* [PROBLEM STATEMENT]
Copy the result of filtering the entries below for lines that include the string "further".

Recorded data
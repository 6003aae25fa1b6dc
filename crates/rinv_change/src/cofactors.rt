//! The cofactors that prove a fraction invariant.

ghost use Rattle.std.specs.Prelude.{◌≡◌, ◌<◌, ◌≤◌, map, length, All, IfOk, IfErr};
ghost use Rattle.std.specs.Result.{MatchResult};
ghost use Rattle.rinv_algebra.specs.Residue.{residue_ops};
ghost use Rattle.rinv_groebner.specs.Division.{AreSame};
ghost use Rattle.rinv_defs.specs.System.{group_count, space_count};
ghost use Rattle.rinv_defs.specs.SystemForm.{IsSystem};
ghost use Rattle.rinv_defs.specs.Invariant.{IsInvariant};
ghost use Rattle.rinv_ring.specs.Fault.{DegreesMeet};
ghost use Rattle.rinv_frac.specs.Fractions.{IsStored};
ghost use Rattle.rinv_parts.specs.Points.{ArePolynomials};
ghost use Rattle.rinv_laws.specs.Group.{IsGroupBasis};
ghost use Rattle.rinv_laws.specs.Proofs.{BasisMeets, ProductsMeet};
ghost use Rattle.rinv_change.specs.Asked.{IsChangeRing};
ghost use Rattle.rinv_change.specs.Changes.{ChangeMeets, change_count};
ghost use Rattle.rinv_change.specs.Cofactors.{AreQuotientsOf, AreWideCofactors, ProofMeets, ProvesInvariance};
ghost use Rattle.rinv_change.specs.Changing.{AreChosen, AreCombined, KeepChosen};

use crate::asked::asked_of;
use crate::changing::change_ring;
use rinv_buch::kept_places;
use rinv_cofactors::{combinations, sum_of_products};
use rinv_div::{Division, divide_wholly};
use rinv_frac::Frac;
use rinv_laws::GroupBasis;
use rinv_mono::Grevlex;
use rinv_poly::{KPoly, PolyRing};
use rinv_ring::{Gf, NoMemory, RingFault};
use rinv_sub::widened;
use rinv_text::System;
use std::alloc::Global;

/// For each kept element of the group's basis its cofactors over the group's ideal, in the variables of a change.
#[derive(Drop)]
pub struct KeptCofactors {
    pub lists: Vec<Vec<KPoly>>,
}

// The polynomials, in further variables.
fn widened_list(
    alloc: Global,
    from: &PolyRing<Gf>,
    list: &[KPoly],
    to: &PolyRing<Gf>,
) -> Result<Vec<KPoly>, NoMemory>
    requires field { from.now.coeffs ≡ to.now.coeffs }
    requires more { from.now.vars ≤ to.now.vars }
    requires polynomials { ArePolynomials from.now.coeffs from.now.vars list.now }
    ensures normal { IfOk result (λ r. ArePolynomials to.now.coeffs to.now.vars r.items) }
    ensures value { IfOk result (λ r. AreSame (residue_ops to.now.coeffs) r.items list.now) }
{
    let mut wide = Vec::with_capacity(alloc, list.len())?;
    'polynomials: for k in 0..list.len() {
        let moved = widened(from, alloc, &list[k], to)?;
        wide.push(moved)?;
    }
    Ok(wide)
}

// The lists at the places, in further variables.
fn widened_lists(
    alloc: Global,
    from: &PolyRing<Gf>,
    lists: &[Vec<KPoly>],
    places: &[usize],
    to: &PolyRing<Gf>,
) -> Result<Vec<Vec<KPoly>>, NoMemory>
    requires field { from.now.coeffs ≡ to.now.coeffs }
    requires more { from.now.vars ≤ to.now.vars }
    requires polynomials { All (λ us. ArePolynomials from.now.coeffs from.now.vars us.items) lists.now }
    requires places { All (λ k. k < length lists.now) places.now }
    ensures normal { IfOk result (λ r. All (λ us. ArePolynomials to.now.coeffs to.now.vars us.items) r.items) }
    ensures value { IfOk result (λ r. AreChosen to.now.coeffs (map (λ us. us.items) lists.now) places.now (map (λ us. us.items) r.items)) }
{
    let mut wide = Vec::with_capacity(alloc, places.len())?;
    'places: for k in 0..places.len() {
        let moved = widened_list(alloc, from, &lists[places[k]], to)?;
        wide.push(moved)?;
    }
    Ok(wide)
}

// The cofactors of the elements of the group's basis over the group's ideal, and the places of the kept elements.
fn basis_cofactors(
    alloc: Global,
    system: &System,
    group: &GroupBasis,
) -> Result<(Vec<Vec<KPoly>>, Vec<usize>), RingFault>
    requires system { IsSystem system.now.system }
    requires group { IsGroupBasis system.now.system group.now.basis group.now.reduced.items }
    ensures normal { IfOk result (λ r. All (λ us. ArePolynomials system.now.system.p (group_count system.now.system) us.items) r.0.items) }
    ensures inside { IfOk result (λ r. All (λ k. k < length r.0.items) r.1.items) }
    ensures cofactors { IfOk result (λ r. KeepChosen system.now.system group.now.basis (map (λ us. us.items) r.0.items) r.1.items) }
    ensures degree { IfErr result (DegreesMeet (BasisMeets system.now.system group.now.basis)) }
{
    let ring = PolyRing::new(system.field, system.group.len());
    let found = &group.basis;
    let lists = combinations(&ring, alloc, &system.ideal, found, &Grevlex)?;
    let places = kept_places(&ring, alloc, &found.polys, &Grevlex)?;
    Ok((lists, places))
}

/// The cofactors of the kept elements of the group's basis, with which any fraction is proved invariant. Degree comes only where the
/// making of the basis's cofactors meets these degrees.
pub fn kept_cofactors(
    alloc: Global,
    system: &System,
    group: &GroupBasis,
) -> Result<KeptCofactors, RingFault>
    requires system { IsSystem system.now.system }
    requires group { IsGroupBasis system.now.system group.now.basis group.now.reduced.items }
    ensures cofactors { IfOk result (λ r. AreWideCofactors system.now.system group.now.basis (map (λ us. us.items) r.lists.items)) }
    ensures degree { IfErr result (DegreesMeet (BasisMeets system.now.system group.now.basis)) }
{
    let (lists, places) = basis_cofactors(alloc, system, group)?;
    let from = PolyRing::new(system.field, system.group.len());
    let ring = change_ring(system);
    let wide = widened_lists(alloc, &from, &lists, &places, &ring)?;
    Ok(KeptCofactors { lists: wide })
}

// The quotients of the change of an invariant fraction by the kept elements of the group's basis.
fn quotients_of(
    alloc: Global,
    system: &System,
    group: &GroupBasis,
    f: &Frac,
) -> Result<Vec<KPoly>, RingFault>
    requires system { IsSystem system.now.system }
    requires group { IsGroupBasis system.now.system group.now.basis group.now.reduced.items }
    requires fraction { IsStored system.now.system.p (space_count system.now.system) f.now }
    requires invariant { IsInvariant system.now.system f.now }
    ensures quotients { IfOk result (λ qs. AreQuotientsOf system.now.system group.now.basis f.now qs.items) }
    ensures degree { IfErr result (DegreesMeet (ChangeMeets system.now.system group.now.basis f.now)) }
{
    let asked = asked_of(alloc, system, group, f)?;
    let basis = &asked.basis;
    let division = divide_wholly(
        &asked.ring,
        alloc,
        &asked.change,
        &basis.polys,
        &basis.divisors,
        &Grevlex,
    )?;
    let Division { quotients, .. } = division;
    Ok(quotients)
}

/// The sums of the quotients times the cofactors at each of so many places of the lists. Degree comes only where a quotient times a
/// cofactor meets these degrees.
pub fn sums_of_products(
    alloc: Global,
    ring: &PolyRing<Gf>,
    quotients: &[KPoly],
    lists: &[Vec<KPoly>],
    count: usize,
) -> Result<Vec<KPoly>, RingFault>
    requires many { length quotients.now ≡ length lists.now }
    requires quotients { ArePolynomials ring.now.coeffs ring.now.vars quotients.now }
    requires lists { All (λ us. ArePolynomials ring.now.coeffs ring.now.vars us.items) lists.now }
    requires lengths { All (λ us. length us.items ≡ count) lists.now }
    ensures number { IfOk result (λ r. length r.items ≡ count) }
    ensures normal { IfOk result (λ r. ArePolynomials ring.now.coeffs ring.now.vars r.items) }
    ensures rule { IfOk result (λ r. AreCombined ring.now.coeffs (map (λ us. us.items) lists.now) quotients.now count r.items) }
    ensures degree { IfErr result (DegreesMeet (ProductsMeet ring.now.coeffs quotients.now (map (λ us. us.items) lists.now))) }
{
    let mut sums = Vec::with_capacity(alloc, count)?;
    'places: for place in 0..count {
        let sum = sum_of_products(ring, alloc, quotients, lists, place)?;
        sums.push(sum)?;
    }
    Ok(sums)
}

/// The cofactors of an invariant fraction's change over the group's ideal: each is the sum of the quotients of the change times the kept
/// elements' cofactors at its place. Degree comes only where the test of the fraction meets these degrees, or such a product.
pub fn invariance_proof(
    alloc: Global,
    system: &System,
    group: &GroupBasis,
    cofactors: &KeptCofactors,
    f: &Frac,
) -> Result<Vec<KPoly>, RingFault>
    requires system { IsSystem system.now.system }
    requires group { IsGroupBasis system.now.system group.now.basis group.now.reduced.items }
    requires cofactors { AreWideCofactors system.now.system group.now.basis (map (λ us. us.items) cofactors.now.lists.items) }
    requires fraction { IsStored system.now.system.p (space_count system.now.system) f.now }
    requires invariant { IsInvariant system.now.system f.now }
    ensures proof { IfOk result (λ us. ProvesInvariance system.now.system group.now.basis f.now us.items) }
    ensures degree { IfErr result (DegreesMeet (ProofMeets system.now.system group.now.basis f.now)) }
{
    let quotients = quotients_of(alloc, system, group, f)?;
    let ring = change_ring(system);
    let count = system.ideal.len();
    let sums = sums_of_products(alloc, &ring, &quotients, &cofactors.lists, count)?;
    Ok(sums)
}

* [OUTPUT FOR THIS TASK]
// The polynomials, in further variables.
// The lists at the places, in further variables.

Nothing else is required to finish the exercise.